*** Opening MATERIAL SUPPLIED ***
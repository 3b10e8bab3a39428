//! Texts and truths under the keys of JSON objects.

ghost use Rattle.std.specs.Prelude.{◌≡◌, IfOk, Some, option_and_then};
ghost use Rattle.json_read.specs.Views.{data_of};
ghost use Rattle.serde_json.specs.Find.{as_number};
ghost use Rattle.json_read.specs.Given.{Gives};
ghost use Rattle.import_forms.specs.Texts.{text_at, text_in, four_texts_in, truth_in, truth_text, whole_text, written_of, written_in};

use crate::both::both;
use dh_base::items::Items;
use dh_base::memory::Memory;
use dh_changes::text::Text;
use json::Value;
use json_read::fault::FormFault;
use json_read::form::{ReadJson, field_or};
use json_read::look::{integer, is_null, member, natural, text, truth};
use std::alloc::{AllocError, Global};

/// A text that may be absent.
#[derive(Drop)]
pub struct TextOrNull {
    pub text: Option<Text>,
}

impl ReadJson for TextOrNull {
    ghost use Rattle.import_forms.specs.Texts.{text_or_null_of};

    ghost form = { text_or_null_of };

    #[tactic(auto, unfolding(crate::specs::Texts::text_or_null_of))]
    fn read(alloc: Global, value: &Value<'_>) -> Result<TextOrNull, FormFault> {
        if is_null(value) {
            return Ok(TextOrNull { text: None });
        }
        let found: Items<u8> = ReadJson::read(alloc, value)?;
        match Text::of(alloc, found.as_slice()) {
            Ok(text) => Ok(TextOrNull { text: Some(text) }),
            Err(_) => Err(FormFault::Memory),
        }
    }
}

/// The text under a key, where null counts as absent and data of another type is at fault.
#[tactic(auto, unfolding(crate::specs::Texts::text_at))]
pub(crate) fn text_at(
    alloc: Global,
    value: &Value<'_>,
    key: &str,
) -> Result<Option<Text>, FormFault>
    ensures { Gives (text_at key.now (data_of value.now)) result }
{
    let found: TextOrNull = field_or(alloc, value, key, TextOrNull { text: None })?;
    Ok(found.text)
}

fn copied(alloc: Global, text: &str) -> Result<Items<u8>, AllocError>
    ensures { IfOk result (λ copy. copy ≡ text.now) }
{
    Ok(Items::from(text.as_bytes().to_vec(alloc)?))
}

/// The text under a key, where data of another type counts as absent.
pub(crate) fn text_in(
    alloc: Global,
    value: &Value<'_>,
    key: &str,
) -> Result<Option<Items<u8>>, AllocError>
    ensures { IfOk result (λ text. text ≡ text_in key.now (data_of value.now)) }
{
    match member(value, key).and_then(text) {
        Some(found) => Ok(Some(copied(alloc, found)?)),
        None => Ok(None),
    }
}

/// The same text where a short one stands in its owner.
pub(crate) fn held_text_in(
    alloc: Global,
    value: &Value<'_>,
    key: &str,
) -> Result<Option<Text>, Memory>
    ensures { IfOk result (λ text. text ≡ text_in key.now (data_of value.now)) }
{
    match member(value, key).and_then(text) {
        Some(found) => Ok(Some(Text::of(alloc, found.as_bytes())?)),
        None => Ok(None),
    }
}

type Four<T> = ((Option<T>, Option<T>), (Option<T>, Option<T>));

/// The texts under four keys.
pub(crate) fn four_texts_in(
    alloc: Global,
    value: &Value<'_>,
    first: &str,
    second: &str,
    third: &str,
    fourth: &str,
) -> Result<Four<Items<u8>>, AllocError>
    ensures { IfOk result (λ texts. texts ≡ four_texts_in first.now second.now third.now fourth.now (data_of value.now)) }
{
    both(
        both(text_in(alloc, value, first), text_in(alloc, value, second)),
        both(text_in(alloc, value, third), text_in(alloc, value, fourth)),
    )
}

/// The same texts where short ones stand in their owner.
pub(crate) fn four_held_texts_in(
    alloc: Global,
    value: &Value<'_>,
    first: &str,
    second: &str,
    third: &str,
    fourth: &str,
) -> Result<Four<Text>, Memory>
    ensures { IfOk result (λ texts. texts ≡ four_texts_in first.now second.now third.now fourth.now (data_of value.now)) }
{
    both(
        both(
            held_text_in(alloc, value, first),
            held_text_in(alloc, value, second),
        ),
        both(
            held_text_in(alloc, value, third),
            held_text_in(alloc, value, fourth),
        ),
    )
}

/// The truth under a key, where data of another type counts as absent.
pub(crate) fn truth_in(value: &Value<'_>, key: &str) -> Option<bool>
    ensures { result ≡ truth_in key.now (data_of value.now) }
{
    member(value, key).and_then(truth)
}

fn truth_text(truth: bool) -> &'static str
    ensures { result.now ≡ truth_text truth }
{
    if truth { "true" } else { "false" }
}

fn whole_text(alloc: Global, value: &Value<'_>) -> Result<Option<Items<u8>>, AllocError>
    ensures { IfOk result (λ text. text ≡ option_and_then whole_text (as_number (data_of value.now))) }
{
    if let Some(number) = natural(value) {
        let digits = format!(in alloc; "{number}")?;
        return Ok(Some(Items::from(digits.into_bytes())));
    }
    match integer(value) {
        Some(number) => {
            let digits = format!(in alloc; "{number}")?;
            Ok(Some(Items::from(digits.into_bytes())))
        }
        None => Ok(None),
    }
}

fn written(alloc: Global, value: &Value<'_>) -> Result<Option<Items<u8>>, AllocError>
    ensures { IfOk result (λ text. text ≡ written_of (data_of value.now)) }
{
    if let Some(found) = text(value) {
        return Ok(Some(copied(alloc, found)?));
    }
    match truth(value) {
        Some(found) => Ok(Some(copied(alloc, truth_text(found))?)),
        None => whole_text(alloc, value),
    }
}

/// The text under a key, where a whole number or a truth counts as its text and data of another type
/// as absent.
pub(crate) fn written_in(
    alloc: Global,
    value: &Value<'_>,
    key: &str,
) -> Result<Option<Items<u8>>, AllocError>
    ensures { IfOk result (λ text. text ≡ written_in key.now (data_of value.now)) }
{
    match member(value, key) {
        Some(found) => written(alloc, found),
        None => Ok(None),
    }
}

/// The same text where a short one stands in its owner.
pub(crate) fn held_written_in(
    alloc: Global,
    value: &Value<'_>,
    key: &str,
) -> Result<Option<Text>, Memory>
    ensures { IfOk result (λ text. text ≡ written_in key.now (data_of value.now)) }
{
    let Some(found) = member(value, key) else {
        return Ok(None);
    };
    if let Some(found) = text(found) {
        return Ok(Some(Text::of(alloc, found.as_bytes())?));
    }
    match written(alloc, found)? {
        Some(other) => Ok(Some(Text::of(alloc, other.as_slice())?)),
        None => Ok(None),
    }
}
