//! Bodies of requests.

ghost use Rattle.serde_json.specs.Data.{Data};
ghost use Rattle.json_read.specs.Forms.{Formed};
ghost use Rattle.json_read.specs.Given as forms;
ghost use Rattle.json_read.specs.Views.{data_of};
ghost use Rattle.import_forms.specs.Bodies.{body_of, Gives};

use dh_base::items::Items;
use dh_changes::outcome::BodyFault;
use json::{Scratch, Value};
use json_read::fault::FormFault;
use json_read::read::read;
use std::alloc::Global;

/// How the JSON data of a body are read.
pub(crate) trait BodyForm<T: Drop> {
    /// What data stand for.
    ghost meant: { Self → Data → Formed T };

    /// Reads data.
    fn form(&self, alloc: Global, value: &Value<'_>) -> Result<T, FormFault>
        ensures { forms.Gives (meant self.now (data_of value.now)) result };
}

/// What a body stands for. A body that isn't JSON is at fault with the empty path.
pub(crate) fn read_body<T: Drop, F: BodyForm<T>>(
    alloc: Global,
    body: &[u8],
    form: &F,
) -> Result<T, BodyFault>
    ensures { Gives (body_of (F.meant form.now) body.now) result }
{
    let mut scratch = Scratch::new(alloc);
    match read(alloc, body, &mut scratch) {
        Ok(Some(value)) => match form.form(alloc, &value) {
            Ok(made) => Ok(made),
            Err(FormFault::At(path)) => Err(BodyFault::Bad { path }),
            Err(FormFault::Memory) => Err(BodyFault::Memory),
        },
        Ok(None) => Err(BodyFault::Bad {
            path: Items::new(alloc),
        }),
        Err(_) => Err(BodyFault::Memory),
    }
}
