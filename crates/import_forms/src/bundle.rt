//! Tracker bundles.

ghost use Rattle.std.specs.Prelude.{◌≡◌, IfOk};
ghost use Rattle.json_read.specs.Views.{data_of};
ghost use Rattle.json_read.specs.Given as forms;
ghost use Rattle.import_forms.specs.Bodies.{body_of, Gives};
ghost use Rattle.import_forms.specs.Bundles.{three_lists, in_order, bundle_of};

use crate::body::{BodyForm, read_body};
use crate::both::both;
use crate::enrollment::{BundleEnrollment, EnrollmentForm, put_enrollments};
use crate::entity::{BundleEntity, EntityForm, put_entities};
use crate::event::BundleEvent;
use crate::lists::list_at;
use dh_base::items::Items;
use dh_base::memory::Memory;
use dh_changes::outcome::{BodyFault, ImportStrategy};
use json::Value;
use json_read::fault::FormFault;
use json_read::form::require_object;
use std::alloc::Global;

/// How a bundle is to be imported.
#[derive(Clone, Copy)]
pub struct BundleParams {
    pub strategy: ImportStrategy,
    /// Whether one conflict leaves all objects unwritten.
    pub atomic: bool,
}

/// A tracker bundle, each of its lists in the order in which its objects are judged: those of the body's list first, then
/// those that stand in other objects, in the order of these.
pub struct Bundle {
    pub params: BundleParams,
    pub entities: Items<BundleEntity>,
    pub enrollments: Items<BundleEnrollment>,
    pub events: Items<BundleEvent>,
}

// By hand, so that it is proved here alone and not in each crate above.
impl Drop for Bundle {
    fn drop(self) {
        let Bundle {
            params: _,
            entities: _,
            enrollments: _,
            events: _,
        } = self;
    }
}

// The three lists of a body, each object with those that stand in it.
type Lists = (
    Items<EntityForm>,
    (Items<EnrollmentForm>, Items<BundleEvent>),
);

fn three_lists(alloc: Global, value: &Value<'_>) -> Result<Lists, FormFault>
    ensures { forms.Gives (three_lists (data_of value.now)) result }
{
    both(
        list_at(alloc, value, "trackedEntities"),
        both(
            list_at(alloc, value, "enrollments"),
            list_at(alloc, value, "events"),
        ),
    )
}

#[tactic(auto, unfolding(crate::specs::Bundles::in_order))]
fn in_order(alloc: Global, params: BundleParams, lists: Lists) -> Result<Bundle, Memory>
    ensures { IfOk result (λ bundle. bundle ≡ in_order params lists) }
{
    let (forms, (mut all, mut events)) = lists;
    let mut entities = Items::new(alloc);
    let mut enrollments = Items::new(alloc);
    put_entities(forms, &mut entities, &mut all)?;
    put_enrollments(all, &mut enrollments, &mut events)?;
    Ok(Bundle {
        params,
        entities,
        enrollments,
        events,
    })
}

impl BodyForm<Bundle> for BundleParams {
    ghost use Rattle.import_forms.specs.Bundles.{bundle_of};

    ghost meant = { bundle_of };

    #[tactic(auto, unfolding(crate::specs::Bundles::bundle_of))]
    fn form(&self, alloc: Global, value: &Value<'_>) -> Result<Bundle, FormFault> {
        require_object(alloc, value)?;
        let lists = three_lists(alloc, value)?;
        match in_order(alloc, *self, lists) {
            Ok(bundle) => Ok(bundle),
            Err(_) => Err(FormFault::Memory),
        }
    }
}

/// The tracker bundle of a body. A body that isn't JSON or no object is at fault with the empty path. Of several faults
/// the first counts, by the order `trackedEntities`, `enrollments`, `events`; in an object the list of those that stand
/// in it comes before its attributes.
pub fn read_bundle(alloc: Global, body: &[u8], params: BundleParams) -> Result<Bundle, BodyFault>
    ensures { Gives (body_of (bundle_of params) body.now) result }
{
    read_body(alloc, body, &params)
}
*** Closing MATERIAL SUPPLIED ***
YOUR TASK ▸ All that belongs in the answer is the run of lines above from the line containing "body are read." through the line containing "-> Result<T, BodyFault>", exactly as written.

SOLVED EXERCISE ▸
/// How the JSON data of a body are read.
pub(crate) trait BodyForm<T: Drop> {
    /// What data stand for.
    ghost meant: { Self → Data → Formed T };

    /// Reads data.
    fn form(&self, alloc: Global, value: &Value<'_>) -> Result<T, FormFault>
        ensures { forms.Gives (meant self.now (data_of value.now)) result };
}

/// What a body stands for. A body that isn't JSON is at fault with the empty path.
pub(crate) fn read_body<T: Drop, F: BodyForm<T>>(
    alloc: Global,
    body: &[u8],
    form: &F,
) -> Result<T, BodyFault>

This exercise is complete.